Soon, that changed. In May, Santa Cruzans flooded Dr. Newel’s inbox and voice mail. Control freak, they called her. Nazi. Power mongerer. Freedom trampler. Dr. Newel read and listened to every message. “Those are voices from the community,” she said. During a public hearing, a man moved toward her so aggressively that the county administrative officer evacuated the room. After that, the sheriff asked Dr. Newel to stop attending in-person meetings. “He didn’t feel it was possible to ensure my physical safety.”
Then came June. After George Floyd’s death, protesters gathered outside the police station. Others stormed the beaches. On June 6, a man alleged to be an anti-government extremist ambushed and killed a 38-year-old sheriff’s deputy in Boulder Creek, a mountain town to the north. More than a thousand people stood shoulder-to-shoulder at the deputy’s vigil — many without masks. Officers, spread thin, needed to triage. “We no longer had the bandwidth to go enforce an ordinance down on the beach,” Mr. Escalante said.
Dr. Newel began to think differently about what she was asking the police to enforce. What if an officer asked someone to get off the sand, and that person didn’t comply? She imagined a scenario where that officer might physically drag the person to a police car. “The optics of trying to enforce a beach closure became impossible,” she said.
Further complicating matters, on June 12, Mr. Newsom reopened hotels to tourism without lifting the shelter-in-place order. The following weekend, flouting Dr. Newel’s closure order, some 55,000 people filled the three-quarter-mile stretch of sand on Santa Cruz’s main beaches. At a news conference on June 25, she announced a spike in Covid-19 cases so drastic the county redesigned its online epidemiologic graph. “It has become impossible for law enforcement to continue to enforce that closure,” she said. “People are not willing to be governed anymore.”

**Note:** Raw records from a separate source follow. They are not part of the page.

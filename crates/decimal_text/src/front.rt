//! Short numbers at the front of a text, read eight digits at a time.
ghost use Rattle.std.specs.Prelude.{◌≡◌, ◌<◌, ◌≤◌, ℕ, Ok, IfSome, MatchOption, drop, get_or, if◌then◌else◌, false, true, length, take};
ghost use Rattle.std.specs.List.{list_all, prefix_len};
ghost use Rattle.std.specs.Char.{is_ascii_digit};
ghost use Rattle.std.specs.Str.Parse.{digits_value, starts_with_minus};
ghost use Rattle.decimal_text.specs.Number.{signed_within};
ghost use Rattle.decimal_text.specs.AtFront.{behind_minus};

use crate::number::starts_with_minus;
use crate::words::digits_of_eight;

/// The number that the digits at the front spell, and how many digits there are. Reads at most 9
/// digits, the first eight at once.
pub fn digits_at_front(text: &[u8]) -> (u32, usize)
    ensures few { (result.1 ≤ length text.now) × (result.1 ≤ 9) }
    ensures digits { list_all is_ascii_digit (take result.1 text.now) ≡ true }
    ensures value { result.0 ≡ digits_value 10 (take result.1 text.now) }
    ensures small { result.0 < 1_000_000_000 }
    ensures all { result.1 < 9 → prefix_len is_ascii_digit text.now ≡ result.1 }
{
    let Some(front) = text.first_chunk::<8>() else {
        return digits_one_by_one(text);
    };
    let (number, count) = digits_of_eight(front);
    if count == 8 && text.len() > 8 && text[8].is_ascii_digit() {
        return (number * 10 + u32::from(text[8] - b'0'), 9);
    }
    (number, count)
}

/// The signed number of 1 to 9 digits at the front, and how many bytes it has. Further digits are
/// left unread.
pub fn signed_at_front(text: &[u8]) -> Option<(i32, usize)>
    ensures few { IfSome result (λ read. read.1 ≤ length text.now) }
    ensures value { MatchOption result (prefix_len is_ascii_digit (behind_minus text.now) ≡ 0)
        (λ read. (most : ℕ) → 999_999_999 ≤ most → signed_within most (take read.1 text.now) ≡ Ok read.0) }
    ensures all { IfSome result
        (λ read. read.1 < 9 → is_ascii_digit (get_or text.now read.1 0) ≡ false) }
{
    if starts_with_minus(text) {
        let (number, count) = digits_at_front(&text[1..]);
        if count == 0 {
            return None;
        }
        return Some((-(number as i32), count + 1));
    }
    let (number, count) = digits_at_front(text);
    if count == 0 {
        return None;
    }
    Some((number as i32, count))
}

// The result of `digits_at_front` for a text of fewer than 8 bytes.
fn digits_one_by_one(text: &[u8]) -> (u32, usize)
    requires { length text.now < 8 }
    ensures count { result.1 ≡ prefix_len is_ascii_digit text.now }
    ensures value { result.0 ≡ digits_value 10 (take result.1 text.now) }
    ensures small { result.0 < 1_000_000_000 }
{
    let mut number: u32 = 0;
    let mut count = 0;
    while count < text.len() && text[count].is_ascii_digit() {
        number = number * 10 + u32::from(text[count] - b'0');
        count += 1;
    }
    (number, count)
}
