//! Laws of numbers in texts. Each function exists for its clause and does nothing.
ghost use Rattle.decimal_text.specs.Spellings.{SignedHasOneSpelling, SignedReadsBack, UnsignedHasOneSpelling, UnsignedReadsBack};

/// A written unsigned number reads back as the same number.
pub fn unsigned_reads_back()
    ensures { UnsignedReadsBack }
{}

/// A written signed number reads back as the same number.
pub fn signed_reads_back()
    ensures { SignedReadsBack }
{}

/// An unsigned number has exactly one spelling without leading zeros: the one that is written.
pub fn unsigned_has_one_spelling()
    ensures { UnsignedHasOneSpelling }
{}

/// A signed number has exactly one spelling without leading zeros: the one that is written.
pub fn signed_has_one_spelling()
    ensures { SignedHasOneSpelling }
{}
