//! A word and a number after it, written as one piece. Serves the writers of lines; decided by
//! `decimal`.
ghost use Rattle.std.specs.Prelude.{◌≡◌, ◌+◌, ◌≤◌, ◌++◌, length, drop, take, OnOk, OnErr};
ghost use Rattle.decimal_text.specs.Number.{decimal};

use itoa::write_digits;
use plain_list::List;
use std::alloc::AllocError;

// Room for a word of 20 bytes and a number of 20 digits.
const ROOM: usize = 40;

/// Appends a word of at most 20 bytes and the digits of the number. On `Err`, `into` is unchanged.
pub fn write_worded(word: &[u8], number: u64, into: &mut List<u8>) -> Result<(), AllocError>
    requires { length word.now ≤ 20 }
    ensures ok { OnOk result (into.new ≡ into.old ++ (word.now ++ decimal number)) }
    ensures err { OnErr result (into.new ≡ into.old) }
{
    let mut part = [0; ROOM];
    let start = put_worded(word, number, &mut part, ROOM);
    into.extend_from_slice(&part[start..])
}

/// Writes a word and a number so that they end at `end`, and returns where they start. The bytes before
/// and after them are unchanged.
#[inline(always)]
pub fn put_worded(word: &[u8], number: u64, bytes: &mut [u8], end: usize) -> usize
    requires { (length word.now + 20 ≤ end) × (end ≤ length bytes.old) }
    ensures written { drop result bytes.new ≡ word.now ++ (decimal number ++ drop end bytes.old) }
    ensures front { take result bytes.new ≡ take result bytes.old }
    ensures near { end ≤ result + length word.now + 20 }
    ensures within { (result ≤ length bytes.new) × (length bytes.new ≡ length bytes.old) }
{
    let start = write_digits(number, bytes, end);
    let front = start - word.len();
    bytes[front..start].copy_from_slice(word);
    front
}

The statement reverberated in the blue state. More angry messages ensued, uglier than before. Murderer, one wrote. Our deaths will be on your hands. Another read: If any of my family members or friends die, I’m coming for you.
Dr. Newel is no stranger to crises. She beat cancer in 2010, and lost her eldest son to an opioid overdose in 2016. Weeks ago, her aunt died after catching Covid-19 in an Ohio nursing home. Though she admitted to “feeling weary,” she said, she intends to stick it out. “I feel like I’m the right person in the right place at the right time to do this job,” she said, standing near the Santa Cruz Beach Boardwalk in late July.
Since then, the situation has grown increasingly dire. Santa Cruz County recently recorded more cases in one week than in all of April and May combined. More than 20 outbreaks are being tracked across the county, including outbreaks in four skilled nursing facilities and a homeless shelter. The county expanded the number of agencies empowered to enforce local and state health orders — but not in time to keep Santa Cruz off the governor’s watch list. On July 28, the county’s indoor gyms, hair salons and places of worship were once again forced to close.
This time, though, Dr. Newel didn’t announce the closures with a local health order. She defaulted to the state health department. It wasn’t that she was afraid of the inevitable backlash, she insisted. She just thought that if she issued the order herself, the outcome would be insignificant.
“I don’t think that there’s really much that the public will listen to in terms of local health officer orders,” she said. “They’re just not willing to do more than they’re already doing.”